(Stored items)
--- START ---

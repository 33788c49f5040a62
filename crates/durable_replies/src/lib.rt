//! Replies of a server that go out behind commits of the records that they rest on.
#![tactic(auto)]

mod durable_sink;
mod laws;
mod noted_commits;
mod serving;

pub use durable_sink::{DurableSink, notes_of};
pub use laws::told_is_durable;
pub use serving::serve_durably;
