//! A connection whose replies go out behind commits.

ghost use Rattle.std.specs.Prelude.{◌≡◌, [], None, false};
ghost use Rattle.durable_replies.specs.Durable.{LetGoBefore};
ghost use Rattle.shared_desk.specs.ClientViews.{ClientView};
ghost use Rattle.streams.specs.Stops.{too_large_reply};

use crate::durable_sink::DurableSink;
use shared_desk::{ClientSeat, DeskWay, Origin, Passage, PassageId, SharedHandler, serve_opened};
use shared_journal::{GroupNote, NoteMaker};
use std::alloc::Global;
use std::sync::Wait;
use streams::{Noted, Sink, Source};

/// Serves a connection that was opened, as `serve_opened` does, over a sink that lets replies out. All
/// that was written, but for a beginning of the last 71, are replies of what was durable before, where
/// the sink's journals are committed ahead of each reply. Where they are committed at intervals, each
/// was looked at before, and had not failed.
pub fn serve_durably<
    'r,
    'b,
    G: PassageId,
    S: Source,
    W: Sink,
    Q: Wait,
    P: DeskWay<R, D, H, J> + Drop,
    R: Wait,
    D,
    H: SharedHandler<D> + Noted<N>,
    N: GroupNote,
    K: NoteMaker<N>,
    J: Origin<D, H>,
>(
    way: P,
    alloc: Global,
    seat: ClientSeat<J>,
    passage: Passage,
    connection: u64,
    reader: &mut S,
    writer: &mut DurableSink<'r, 'b, Q, W, N, K>,
)
    requires passage { passage ≡ G.passage }
    requires comes { J.comes passage }
    requires source { (S.has_failed reader.old ≡ false) × (S.transcript reader.old ≡ []) }
    requires sink { (W.has_failed writer.old.sink ≡ false) × (W.transcript writer.old.sink ≡ []) }
    requires goes_on { writer.old.refused ≡ None }
    requires fresh { seat.part ≡ [] }
    ensures durable { (client : ClientView) × (client.number ≡ seat.number)
        × LetGoBefore H.answers J.begins H.covers K.name K.desk N.known N.sound writer.old.sync writer.old.journals.now
        writer.new.notes.items (W.transcript writer.new.sink) client too_large_reply }
{
    serve_opened::<G, S, P, R, D, H, J, DurableSink<'r, 'b, Q, W, N, K>>(
        way, alloc, seat, passage, connection, reader, writer,
    );
}
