//! What a connection was told is durable.

ghost use Rattle.std.specs.Prelude.{[], ◌∷◌, ℕ, List};
ghost use Rattle.durable_replies.specs.Durable.{LetGoBefore};
ghost use Rattle.durable_replies.specs.Told.{IsToldDurably};
ghost use Rattle.shared_desk.specs.ClientViews.{ClientView};
ghost use Rattle.shared_journal.specs.JournalHistories.{IsNoteOf, JournalName, NoteKnowledge};
ghost use Rattle.shared_journal.specs.declared.journal_queue.JournalQueue.{JournalQueue};
ghost use Rattle.shared_journal.specs.declared.reply_sync.ReplySync.TheVariants.{Always};

use shared_desk::{Origin, SharedHandler};

/// Where one desk has one journal, which is committed ahead of each reply, all that was written on a
/// connection are replies of a legal history, and every record of what it changed is durable; but for
/// the last 71. (A law of definitions: it does nothing.)
pub fn told_is_durable<D, H: SharedHandler<D>, J: Origin<D, H>, K, R>()
    ensures { (queue : H → JournalQueue R) (name : K → JournalName) (desk : K → ℕ) (journal : K)
        (notes : List NoteKnowledge) (written last : List ℕ) (v : ClientView)
        → LetGoBefore H.answers J.begins (λ place note h. IsNoteOf note (queue h).seat)
        name desk (λ note. note) (λ _. Unit {0}) Always (journal ∷ []) notes written v last
        → IsToldDurably H.answers J.begins queue notes v.number written last }
{}
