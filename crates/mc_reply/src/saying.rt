//! What one reply to an operation says. A reply that the operation never has says an error.
ghost use Rattle.std.specs.Prelude.{◌≡◌};
ghost use Rattle.mc_model.specs.Showing.{is_no_memory, store_says, delete_says, touch_says, change_shows, flush_says, stats_shows, shown_of_fault, unless_quiet};

use mc_model::{Fault, How, Said, ShardReply, Shown};

/// Whether memory was wanting.
pub fn lacks_memory(reply: &ShardReply) -> bool
    ensures { result ≡ is_no_memory reply.now }
{
    matches!(reply, ShardReply::NoMemory)
}

/// The line for the reply to a storage command.
pub fn store_says(how: How, reply: &ShardReply) -> Said
    ensures { result ≡ store_says how reply.now }
{
    match (how, reply) {
        (_, ShardReply::Stored) => Said::Stored,
        (_, ShardReply::TooLarge) => Said::TooLarge,
        (_, ShardReply::OutOfCas) => Said::OutOfCas,
        (How::Add | How::Replace | How::Append | How::Prepend, ShardReply::NotStored) => {
            Said::NotStored
        }
        (How::Cas(_), ShardReply::NotFound) => Said::NotFound,
        (How::Cas(_), ShardReply::Exists) => Said::Exists,
        _ => Said::Error,
    }
}

/// The line for the reply to a `delete`.
pub fn delete_says(reply: &ShardReply) -> Said
    ensures { result ≡ delete_says reply.now }
{
    match reply {
        ShardReply::Deleted => Said::Deleted,
        ShardReply::NotFound => Said::NotFound,
        _ => Said::Error,
    }
}

/// The line for the reply to a `touch`.
pub fn touch_says(reply: &ShardReply) -> Said
    ensures { result ≡ touch_says reply.now }
{
    match reply {
        ShardReply::Touched => Said::Touched,
        ShardReply::NotFound => Said::NotFound,
        _ => Said::Error,
    }
}

/// What the reply to an `incr` or `decr` shows.
pub fn change_shows(reply: &ShardReply) -> Shown
    ensures { result ≡ change_shows reply.now }
{
    Shown::Line(match reply {
        ShardReply::Number(number) => return Shown::Number(*number),
        ShardReply::NotFound => Said::NotFound,
        ShardReply::NonNumeric => Said::NonNumeric,
        ShardReply::OutOfCas => Said::OutOfCas,
        _ => Said::Error,
    })
}

/// The line for the reply to a `flush_all`.
pub fn flush_says(reply: &ShardReply) -> Said
    ensures { result ≡ flush_says reply.now }
{
    match reply {
        ShardReply::Flushed => Said::Ok,
        _ => Said::Error,
    }
}

/// What the reply to `stats` shows.
pub fn stats_shows(reply: &ShardReply) -> Shown
    ensures { result ≡ stats_shows reply.now }
{
    match reply {
        ShardReply::Counts { held, stored } => Shown::Stats {
            held: *held,
            stored: *stored,
        },
        _ => Shown::Line(Said::Error),
    }
}

/// A line, or nothing where the command or the fault is quiet.
pub fn line_unless(quiet: bool, said: Said) -> Shown
    ensures { result ≡ unless_quiet quiet said }
{
    if quiet {
        Shown::Nothing
    } else {
        Shown::Line(said)
    }
}

/// What a fault shows.
pub fn fault_shows(fault: Fault) -> Shown
    ensures { result ≡ shown_of_fault fault }
{
    match fault {
        Fault::Unknown => Shown::Line(Said::Error),
        Fault::BadLine => Shown::Line(Said::BadLine),
        Fault::BadDelta => Shown::Line(Said::BadDelta),
        Fault::LineTooLong => Shown::Line(Said::LineTooLong),
        Fault::BadChunk { quiet } => line_unless(quiet, Said::BadChunk),
        Fault::TooLarge { quiet } => line_unless(quiet, Said::TooLarge),
    }
}
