//! The reply as bytes.
ghost use Rattle.std.specs.Prelude.{◌≡◌, ◌++◌, length, take, codes, OnOk, OnErr};
ghost use Rattle.std.specs.List.{flat_map};
ghost use Rattle.mc_model.specs.Rendering.{item_bytes, bytes_of};

use crate::item::append_item;
use crate::pieces::{CRLF, extend_all};
use crate::said::text_of;
use crate::size::size_of;
use itoa::Buffer;
use mc_item::Bytes;
use mc_model::{Shown, ShownItems};
use std::alloc::AllocError;

fn append_items(items: &ShownItems, with_cas: bool, out: &mut Bytes) -> Result<(), AllocError>
    ensures ok { OnOk result
        (out.new ≡ out.old ++ flat_map (item_bytes with_cas) items.now ++ codes "END\r\n") }
    ensures err { OnErr result (take (length out.old) out.new ≡ out.old) }
{
    for at in 0..items.len() {
        append_item(items.get(at), with_cas, out)?;
    }
    out.extend(b"END\r\n")
}

#[tactic(auto, unfolding(mc_model::specs::Rendering::bytes_of))]
fn append_stats(held: u64, stored: u64, out: &mut Bytes) -> Result<(), AllocError>
    ensures ok { OnOk result (out.new ≡ out.old ++ bytes_of (Shown.Stats held stored)) }
    ensures err { OnErr result (take (length out.old) out.new ≡ out.old) }
{
    extend_all(
        out,
        &[
            b"STAT curr_items ",
            Buffer::new().format(held).as_bytes(),
            CRLF,
            b"STAT total_items ",
            Buffer::new().format(stored).as_bytes(),
            CRLF,
            b"END\r\n",
        ],
    )
}

#[tactic(auto, unfolding(mc_model::specs::Rendering::bytes_of))]
fn append(shown: &Shown, out: &mut Bytes) -> Result<(), AllocError>
    ensures ok { OnOk result (out.new ≡ out.old ++ bytes_of shown.now) }
    ensures err { OnErr result (take (length out.old) out.new ≡ out.old) }
{
    match shown {
        Shown::Nothing => Ok(()),
        Shown::Line(said) => out.extend(text_of(*said)),
        Shown::Number(number) => extend_all(out, &[Buffer::new().format(*number).as_bytes(), CRLF]),
        Shown::Values { items, with_cas } => append_items(items, *with_cas, out),
        Shown::Stats { held, stored } => append_stats(*held, *stored, out),
    }
}

/// Puts the bytes of what is shown behind `out`, as memcached's protocol.txt words them. An `Err`
/// leaves `out` as it was. One allocation at most, and none where `out` has the room.
pub fn render(shown: &Shown, out: &mut Bytes) -> Result<(), AllocError>
    ensures ok { OnOk result (out.new ≡ out.old ++ bytes_of shown.now) }
    ensures err { OnErr result (out.new ≡ out.old) }
{
    out.reserve(size_of(shown))?;
    let start = out.len();
    let written = append(shown, out);
    if written.is_err() {
        out.truncate(start);
    }
    written
}
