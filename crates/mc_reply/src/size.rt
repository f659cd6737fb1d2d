//! How many bytes a reply has, told before it is written.
ghost use Rattle.std.specs.Prelude.{◌≡◌, ◌++◌, ◌≤◌, length, min, codes};
ghost use Rattle.std.specs.List.{flat_map};
ghost use Rattle.std.specs.Fmt.{decimal};
ghost use Rattle.mc_model.specs.Rendering.{cas_bytes, item_bytes, bytes_of};

use crate::said::text_of;
use itoa::Buffer;
use mc_model::{Shown, ShownItem, ShownItems};

fn digits(number: u64) -> usize
    ensures size { result ≡ length (decimal number) }
    ensures short { result ≤ 40 }
{
    Buffer::new().format(number).len()
}

#[tactic(auto, unfolding(mc_model::specs::Rendering::cas_bytes))]
fn cas_size(cas: u64, with_cas: bool) -> usize
    ensures size { result ≡ length (cas_bytes with_cas cas) }
    ensures short { result ≤ 41 }
{
    if with_cas { 1 + digits(cas) } else { 0 }
}

#[tactic(auto, using(crate::proofs::Sizes::of_items))]
fn item_size(item: &ShownItem, with_cas: bool) -> usize
    ensures { result ≡ min (length (item_bytes with_cas item.now)) usize.MAX }
{
    let numbers = digits(u64::from(item.flags)) + digits(item.value.len() as u64);
    let frame = b"VALUE   \r\n\r\n".len() + numbers + cas_size(item.cas, with_cas);
    frame
        .saturating_add(item.key.get().len())
        .saturating_add(item.value.len())
}

#[tactic(auto, using(crate::proofs::Sizes::of_items))]
fn items_size(items: &ShownItems, with_cas: bool) -> usize
    ensures { result ≡ min
        (length (flat_map (item_bytes with_cas) items.now ++ codes "END\r\n")) usize.MAX }
{
    let mut size = b"END\r\n".len();
    for at in 0..items.len() {
        size = size.saturating_add(item_size(items.get(at), with_cas));
    }
    size
}

/// How many bytes are shown, or `usize::MAX` where they are more than that.
#[tactic(auto, using(crate::proofs::Sizes::of_items), unfolding(mc_model::specs::Rendering::bytes_of))]
pub(crate) fn size_of(shown: &Shown) -> usize
    ensures { result ≡ min (length (bytes_of shown.now)) usize.MAX }
{
    match shown {
        Shown::Nothing => 0,
        Shown::Line(said) => text_of(*said).len(),
        Shown::Number(number) => digits(*number) + 2,
        Shown::Values { items, with_cas } => items_size(items, *with_cas),
        Shown::Stats { held, stored } => {
            let words = b"STAT curr_items \r\nSTAT total_items \r\nEND\r\n".len();
            words + digits(*held) + digits(*stored)
        }
    }
}
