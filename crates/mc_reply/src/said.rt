//! The lines that have no number in them.
ghost use Rattle.std.specs.Prelude.{◌≡◌};
ghost use Rattle.mc_model.specs.Rendering.{said_bytes};

use mc_model::Said;

/// The bytes of a line, with its end.
#[tactic(auto, unfolding(mc_model::specs::Rendering::said_bytes))]
pub(crate) fn text_of(said: Said) -> &'static [u8]
    ensures { result.now ≡ said_bytes said }
{
    match said {
        Said::Stored => b"STORED\r\n",
        Said::NotStored => b"NOT_STORED\r\n",
        Said::Exists => b"EXISTS\r\n",
        Said::NotFound => b"NOT_FOUND\r\n",
        Said::Deleted => b"DELETED\r\n",
        Said::Touched => b"TOUCHED\r\n",
        Said::Ok => b"OK\r\n",
        Said::Version => b"VERSION 1.0.0-trust\r\n",
        Said::Error => b"ERROR\r\n",
        Said::BadLine => b"CLIENT_ERROR bad command line format\r\n",
        Said::BadChunk => b"CLIENT_ERROR bad data chunk\r\n",
        Said::LineTooLong => b"CLIENT_ERROR line too long\r\n",
        Said::BadDelta => b"CLIENT_ERROR invalid numeric delta argument\r\n",
        Said::NonNumeric => b"CLIENT_ERROR cannot increment or decrement non-numeric value\r\n",
        Said::TooLarge => b"SERVER_ERROR object too large for cache\r\n",
        Said::NoMemory => b"SERVER_ERROR out of memory storing object\r\n",
        Said::OutOfCas => b"SERVER_ERROR out of cas numbers\r\n",
    }
}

--- END ---

- _What you need to do_: Say the number of lines in the entries that have the string "List", and only that.

- _Output of the exercise_: 4